Setelah pengenalan yang sangat panjang dan dibuat kikuk yang menunjukkan kehidupan Billy yang tertindas, dia secara tidak sengaja ditandai sebagai tersangka utama dalam pembunuhan bosnya, menyebabkan dia dibawa oleh pemilik klub (Joey de Leon) yang menyarankan agar dia mengubah dirinya di Barbi, the bintang baru dari aksi drag klubnya.

Ketika Billy menjadi Billy, dia memproyeksikan maskulinitas palsu untuk menyembunyikan identitas seksualnya. Ketika Billy menjadi Barbi, dia menutupi dirinya dengan banyak riasan untuk menghindari penangkapan karena kejahatan yang tidak dilakukannya.

Film ini hanya menggores permukaan dari premisnya yang sangat menarik, karena lebih tertarik pada humor parau yang pada akhirnya mengkhianati tujuan yang mungkin lebih penting. Barbie D’Wonder Becky adalah satu lagi film yang akhir ceritanya hanya memberi kesan toleransi ketika alur ceritanya berpotensi untuk mengkaji mengapa ada intoleransi di masyarakat.

Tidak cukup berkemah

Tapi kemudian, film Reyes tidak pernah dimaksudkan untuk menjadi seperti milik Jun Lana Yang Indahaku (2016), yang penggambaran rasa sakit dan nyeri seorang perempuan trans lebih holistik, meski dibumbui dengan banyak humor. Barbie D’Wonder Becky hanyalah upaya dangkal, setengah matang, dan setengah hati untuk meraih kembali kesuksesan film Lana.

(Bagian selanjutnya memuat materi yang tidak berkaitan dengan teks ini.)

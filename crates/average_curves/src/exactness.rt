//! Whether the exact schedule shows what the average shows.
ghost use Rattle.std.specs.Prelude.{◌≡◌, ◌+◌, ◌<◌, ◌^◌, All, length, IfSome};
ghost use Rattle.causal_curves.specs.Measured.{IsMeasured};
ghost use Rattle.profile_book.specs.declared.profile.Profile.{Profile};
ghost use Rattle.average_values.specs.Values.{IsBase};
ghost use Rattle.average_steps.specs.Steps.{IsStep};
ghost use Rattle.average_curves.specs.Curves.{is_rough_at, is_rough, exactness_of};

use crate::averaged::Averaged;
use crate::curve::Exactness;
use average_steps::{AverageStep, first_pace, value_in};
use average_values::{Pace, differ};
use profile_book::Profile;

/// Whether the exact value at a position differs from that of the step.
fn is_rough_at(base: Pace, point: usize, exact: &Profile, block: usize, step: &AverageStep) -> bool
    requires base { IsBase base }
    requires measured { All (IsMeasured point) exact.now.summaries }
    requires step { IsStep step.now }
    ensures { result ≡ is_rough_at base point exact.now block step.now }
{
    match (value_in(base, point, exact, block), step.value) {
        (Some(exact), Some(value)) => differ(exact, value, step.error),
        _ => false,
    }
}

/// Whether an exact value of a line whose runs begin at a position differs from its average.
fn is_rough(base: Pace, point: usize, exact: &Profile, start: usize, steps: &[AverageStep]) -> bool
    requires base { IsBase base }
    requires measured { All (IsMeasured point) exact.now.summaries }
    requires steps { All IsStep steps.now }
    requires short { start + length steps.now < 2 ^ 64 }
    ensures { result ≡ is_rough base point exact.now start steps.now }
{
    for i in 0..steps.len() {
        if is_rough_at(base, point, exact, start + i, &steps[i]) {
            return true;
        }
    }
    false
}

/// Whether the exact schedule shows these averages of a line whose runs begin at a position.
pub fn exactness_of(
    averaged: &Averaged,
    point: usize,
    start: usize,
    steps: &[AverageStep],
) -> Exactness
    requires measured { IfSome averaged.now.exact (λ (p : Profile). All (IsMeasured point) p.summaries) }
    requires steps { All IsStep steps.now }
    requires short { start + length steps.now < 2 ^ 64 }
    ensures { result ≡ exactness_of averaged.now.exact point start steps.now }
{
    match &averaged.exact {
        Some(exact) => {
            if is_rough(first_pace(point, exact), point, exact, start, steps) {
                Exactness::Rough
            } else {
                Exactness::Smooth
            }
        }
        None => Exactness::Absent,
    }
}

Film ini mencoba untuk menutupi semua kedangkalannya dengan riasan.

Film ini juga memberikan kesempatan lain bagi Paolo Ballesteros untuk memamerkan transformasi riasannya

Sayangnya, film ini bahkan kurang campy.

Ketika film tersebut meraih kejayaan yang aneh, seperti ketika ia memperkenalkan plot sampingan yang melibatkan persaingan antara Barbi dan diva lama klub (Thou Reyes yang luar biasa), film tersebut gagal memenuhi janjinya karena Reyes tampaknya tidak mampu melakukan komedi di luar gaya lama. lelucon slapstick dan tidak sopan. Ide-ide bagus dari film ini tidak bisa terwujud karena usaha atau kreativitasnya tidak ada.

Pernyataan kehamilan

Barbie D’Wonder Becky adalah serangkaian peluang yang terbuang sia-sia.

Itu hanya kadang-kadang lucu dan jarang informatif. Tontonan riasannya tidak ada artinya jika dibandingkan dengan upaya Ballesteros sebelumnya. Lebih penting lagi, moral utamanya adalah pernyataan keibuan. – Rappler.com

Ftengik Joseph Cruz mengajukan tuntutan hukum untuk mencari nafkah dan menulis tentang film untuk bersenang-senang. Film Filipina pertama yang ia tonton di bioskop adalah ‘Tirad Pass’ karya Carlo J. Caparas. Sejak itu, ia menjalankan misi untuk menemukan kenangan yang lebih baik dengan sinema Filipina.